GM revs up autonomous car unit and dormant shares fly
DETROIT – Shares of General Motors posted their largest one-day gain since the company’s rebirth from bankruptcy eight years ago, after Japanese technology conglomerate SoftBank decided to pump $2.25 billion into GM’s autonomous car unit.
The deal is the largest yet between a technology investment firm and an old-line automaker, and investors apparently saw it as a huge boost that places GM among the leaders in putting self-driving vehicles on the road.
The investment, scheduled to close by the end of June, gives SoftBank nearly a 20 percent stake in GM Cruise, the company’s San Francisco-based autonomous vehicle unit.
GM said Thursday that it will add $1.1 billion to SoftBank’s investment in an effort to speed large-scale deployment of self-driving robotaxis next year. GM has announced plans to carry passengers in self-driving cars that won’t have a human backup driver in 2019, and CEO Mary Barra said the investment would hasten that process. The company hasn’t announced where or exactly when the service will begin.
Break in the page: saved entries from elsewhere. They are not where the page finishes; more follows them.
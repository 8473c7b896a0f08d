//! The tests of a reorder window, tried with both kinds.
ghost use Rattle.std.specs.Prelude.{◌≡◌};
ghost use Rattle.path_merge.specs.Window.{IsEmpty};

use super::cases::{STREAM, spec_of};
use super::steps::Sent;
use path_merge::{SlotWindow, SortedWindow, Window};
use rtp_stream::{Put, StreamSpec};
use std::alloc::Global;
use std::process::Abort;

/// Numbers 131070 and 131078 have one remainder by the window's width of 8, so they use one slot in turn. A copy of the
/// second is a duplicate with the same payload or with a different one.
#[test]
fn slots_are_used_again_after_the_wrap(rt: HostRuntime) {
    let spec = spec_of(&rt, STREAM);
    assert!(rt; spec.window() == 8);
    let slots = SlotWindow::new(rt.alloc(), &spec);
    keeps_packets_by_number(&rt, &mut slots.expect(&rt, "there is memory"), &spec);
    let sorted = SortedWindow::new(rt.alloc(), &spec);
    keeps_packets_by_number(&rt, &mut sorted.expect(&rt, "there is memory"), &spec);
}

/// Tests that on an empty window.
fn keeps_packets_by_number<W: Window>(rt: &impl Abort, window: &mut W, spec: &StreamSpec)
    requires empty { IsEmpty (W.held window.old) }
    requires size { W.size window.old ≡ 8 }
{
    let (first, eighth) = (Sent::new(0, 0), Sent::new(7, 0));
    let ninth = Sent::new(8, 0);
    let unlike = Sent { odd: true, ..ninth };
    window.begin_at(131_070);
    assert!(rt;
        (window.base(), window.end()) == (131_070, 131_070),
        "empty"
    );
    assert!(rt; window.put(131_070, first.packet(spec)) == Put::Taken);
    assert!(rt; window.put(131_077, eighth.packet(spec)) == Put::Taken);
    assert!(rt; window.end() == 131_078);
    assert!(rt; window.take_front().map(|packet| packet.seq) == Some(0));
    assert!(rt; window.put(131_078, ninth.packet(spec)) == Put::Taken);
    assert!(rt; window.put(131_078, ninth.packet(spec)) == Put::Double);
    assert!(rt; window.put(131_078, unlike.packet(spec)) == Put::Unlike);
    assert!(rt; window.take_front().is_none());
    assert!(rt; (window.base(), window.end()) == (131_072, 131_079));
}

/// Each kind of window is made twice: if one allocation fails, at most one of the two calls returns an error.
#[test]
fn each_refused_allocation_is_answered(rt: HostRuntime) {
    let spec = spec_of(&rt, STREAM);
    let first = has_slots(rt.alloc(), &spec);
    assert!(rt; has_slots(rt.alloc(), &spec) || first, "a window of slots");
    let first = is_sorted(rt.alloc(), &spec);
    assert!(rt; is_sorted(rt.alloc(), &spec) || first, "a sorted window");
}

/// Returns true if a window of slots was made. Returns false if an allocation failed.
fn has_slots(alloc: Global, spec: &StreamSpec) -> bool {
    SlotWindow::new(alloc, spec).is_ok()
}

/// Returns true if a sorted window was made. Returns false if an allocation failed.
fn is_sorted(alloc: Global, spec: &StreamSpec) -> bool {
    SortedWindow::new(alloc, spec).is_ok()
}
Investors, looking for a reason to cheer on the century-old automaker, sent shares rocketing more than 11 percent to $42.16 in morning trading, the largest one-day gain since the company’s 2010 return to public trading after its trip through bankruptcy protection in 2009.
The move widens the SoftBank Vision Fund’s influence in ride-hailing services. The fund closed a deal in January to spend about $9 billion for a 15 percent stake in Uber and also owns a stake in China’s top ride-hailing firm Didi Chuxing.
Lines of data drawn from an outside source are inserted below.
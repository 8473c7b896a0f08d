//! The fates, marks and counts of a case in words, with commas between them.
use super::steps::payload_of;
use path_merge::{Body, ClockFault, Counts, Fate, Mark, MarkKind, StreamSpec};
use rtp_stream::COUNTS_AFTER_PATHS;
use std::process::Abort;

/// Appends a word.
pub fn say(rt: &impl Abort, text: &mut String, word: &str) {
    if !text.is_empty() {
        text.push_str(", ").expect(rt, "there is memory");
    }
    text.push_str(word).expect(rt, "there is memory");
}

/// Tests that a text is the one that is wanted. A failure reports what the case shows.
pub fn says(rt: &impl Abort, text: &str, wanted: &str, shows: &str) {
    assert!(rt; text == wanted, "{shows}: {text}");
}

/// Appends the name of a clock reading's fault.
pub fn say_fault(rt: &impl Abort, text: &mut String, fault: ClockFault) {
    let word = match fault {
        ClockFault::WentBack => "WentBack",
        ClockFault::TooFar => "TooFar",
        ClockFault::Closed => "Closed",
    };
    say(rt, text, word);
}

/// Appends a mark: `got N M` or `lost N M` with the number and media time, and with `K:` before N in a later epoch K;
/// `quiet T`; or `end`.
pub fn say_mark(rt: &impl Abort, spec: &StreamSpec, text: &mut String, mark: &Mark) {
    assert!(rt;
        mark.format() == spec.format(),
        "a mark says its stream's format"
    );
    match mark.kind() {
        MarkKind::Slot {
            epoch,
            number,
            media,
            body,
        } => {
            say(rt, text, word_of(rt, *number, body));
            say_place(rt, text, *epoch, *number, *media);
        }
        MarkKind::Quiet { until } => {
            say(rt, text, "quiet ");
            write!(text, "{until}").expect(rt, "there is memory");
        }
        MarkKind::End => say(rt, text, "end"),
    }
}

/// Appends a slot's number and media time.
fn say_place(rt: &impl Abort, text: &mut String, epoch: u64, number: u64, media: i64) {
    if epoch != 0 {
        write!(text, " {epoch}:{number} {media}").expect(rt, "there is memory");
    } else {
        write!(text, " {number} {media}").expect(rt, "there is memory");
    }
}

/// Returns `got` or `lost` for a slot, and tests that a payload is that of the packet with the slot's number.
fn word_of(rt: &impl Abort, number: u64, body: &Body) -> &'static str {
    let Body::Got(payload) = body else {
        return "lost";
    };
    let [.., low] = number.to_be_bytes();
    let sent = payload_of(payload.len(), low);
    assert!(rt;
        payload.as_slice() == sent.as_slice(),
        "the octets of number {number}"
    );
    "got"
}

/// Appends fates, each with the number of times that it came in a row.
pub fn say_fates(rt: &impl Abort, text: &mut String, fates: &[Fate]) {
    let mut last = None;
    let mut times: usize = 0;
    for fate in fates {
        if last != Some(*fate) {
            say_run(rt, text, last, times);
            times = 0;
        }
        last = Some(*fate);
        times = times.saturating_add(1);
    }
    say_run(rt, text, last, times);
}

/// Appends a fate and the number of times that it came in a row. Appends nothing if there is no fate.
fn say_run(rt: &impl Abort, text: &mut String, fate: Option<Fate>, times: usize) {
    if let Some(fate) = fate {
        // The empty word writes the comma.
        say(rt, text, "");
        write!(text, "{times} {fate:?}").expect(rt, "there is memory");
    }
}

/// Appends a count and its name, if it is not 0.
fn say_count(rt: &impl Abort, text: &mut String, count: u64, name: &str) {
    if count != 0 {
        // The empty word writes the comma.
        say(rt, text, "");
        write!(text, "{count} {name}").expect(rt, "there is memory");
    }
}

/// The names of the packets taken by each path.
const TAKEN_BY: [&str; 4] = ["from_a", "from_b", "from_c", "from_d"];

/// Appends the counts that are not 0; of `taken` those of each path.
pub fn say_counts(rt: &impl Abort, text: &mut String, counts: &Counts) {
    say_count(rt, text, counts.arrived, "arrived");
    for (name, count) in TAKEN_BY.iter().zip(counts.taken_by.iter()) {
        say_count(rt, text, *count, *name);
    }
    for field in COUNTS_AFTER_PATHS.iter() {
        say_count(rt, text, field.of(counts), field.word());
    }
}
GM Cruise would remain a wholly owned subsidiary of GM with the automaker holding roughly 80 percent of the business.
Even though SoftBank has spread billions across multiple ride-hailing and autonomous vehicle companies, it has no plans to integrate them, said Michael Ronen, a managing partner. “Each company will make its own decisions about what’s in the best interest of the company.”
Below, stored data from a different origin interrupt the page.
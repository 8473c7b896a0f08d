//! The UDP packets of a capture whose octets are all in memory, one by one.
ghost use Rattle.std.specs.Prelude.{◌≡◌, ◌<◌, ◌≤◌, [], ◌∷◌, length, MatchOption, IfOk, IfErr, Err};
ghost use Rattle.pcap_file.specs.Capture as spec;
ghost use Rattle.pcap_file.specs.Capture.{HasRead, item_view, packets_left, packets_of, state_of};

use crate::block_parser::CaptureBlock;
use crate::block_type::SECTION_HEADER;
use crate::cursor::{Capture, Format};
use crate::decode::Packet;
use crate::decode::endian::Endian;
use crate::decode::pcap::{FILE_HEADER, read_header, read_record};
use crate::decode::pcapng::Section;
use crate::fault::{CaptureFault, CaptureFaultKind};

/// Opens a capture whose whole file is `octets`, and returns an iterator over its UDP packets. Returns the fault of the
/// file's header if it has one; a section header of pcapng is read by the iterator.
#[tactic(auto, unfolding(crate::specs::Capture::packets_of))]
pub fn open(octets: &[u8]) -> Result<Capture<'_>, CaptureFault>
    ensures packets { IfOk result (λ capture. packets_left capture ≡ packets_of octets.now) }
    ensures fault { IfErr result (λ fault. packets_of octets.now ≡ Err fault ∷ []) }
{
    if is_pcapng(octets) {
        return Ok(Capture {
            format: Format::Pcapng,
            section: Section::new(),
            place: 0,
            octets,
        });
    }
    match read_header(octets) {
        Ok(pcap) => Ok(Capture {
            format: Format::Pcap(pcap),
            section: Section::new(),
            place: FILE_HEADER,
            octets: &octets[FILE_HEADER..],
        }),
        Err(kind) => Err(CaptureFault { place: 0, kind }),
    }
}

/// Returns true if a section header block comes first, so that the file is pcapng.
pub(crate) fn is_pcapng(octets: &[u8]) -> bool
    ensures { result ≡ spec.is_pcapng octets.now }
{
    octets.len() >= 4 && Endian::Big.read_u32(octets, 0) == SECTION_HEADER
}

impl<'a> Capture<'a> {
    /// Reads the record or the block that comes next.
    #[tactic(auto, unfolding(crate::specs::Capture::part_as))]
    fn read_part(&mut self) -> Result<CaptureBlock<'a>, CaptureFaultKind>
        ensures part { HasRead (state_of self.old) (state_of self.new) self.old.octets.now result }
        ensures bounds { IfOk result (λ part. (1 ≤ part.len) × (part.len ≤ length self.old.octets.now)) }
        ensures octets { self.new.octets ≡ self.old.octets }
        ensures place { self.new.place ≡ self.old.place }
    {
        match self.format {
            Format::Pcap(pcap) => read_record(&pcap, self.octets),
            Format::Pcapng => self.section.read_block(self.octets),
        }
    }

    /// Passes over the record or the block that comes next, and returns its packet or its fault, if it has one.
    fn advance(&mut self) -> Option<Result<Packet<'a>, CaptureFault>>
        requires { 1 ≤ length self.old.octets.now }
        ensures returned { MatchOption result (packets_left self.new ≡ packets_left self.old)
            (λ item. packets_left self.old ≡ item_view item ∷ packets_left self.new) }
        ensures shorter { length self.new.octets.now < length self.old.octets.now }
    {
        match self.read_part() {
            Ok(part) => {
                self.place += part.len;
                self.octets = &self.octets[part.len..];
                match part.packet {
                    Some(packet) => Some(Ok(packet)),
                    None => None,
                }
            }
            Err(kind) => {
                // No record or block can be found behind a fault, so it ends the iteration.
                self.octets = &[];
                Some(Err(CaptureFault {
                    place: self.place,
                    kind,
                }))
            }
        }
    }
}

impl<'a> Iterator for Capture<'a> {
    ghost use Rattle.std.specs.Iterator.{YieldsFirstBy, item_count};
    ghost use Rattle.pcap_file.specs.Capture.{item_view, packets_left};

    type Item = Result<Packet<'a>, CaptureFault>;

    ghost next_gives = { YieldsFirstBy item_view packets_left };

    ghost remaining = { item_count packets_left };

    fn next(&mut self) -> Option<Result<Packet<'a>, CaptureFault>> {
        while !self.octets.is_empty() {
            if let Some(item) = self.advance() {
                return Some(item);
            }
        }
        None
    }
}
SoftBank was impressed by the speed that GM Cruise is moving toward safely deploying the cars, Ronen said, as well as GM’s ability to produce large numbers of electric vehicles needed to start a robotaxi service.
The investment will last for seven years, with SoftBank having options to continue or exit.
GM’s investment is in addition to what it already has spent on Cruise, including $400 million to $500 million this year and an initial $562 million investment to buy Cruise Automation in 2016.
SoftBank also holds significant stakes in Sprint and several other telecommunications companies, mostly based in Japan.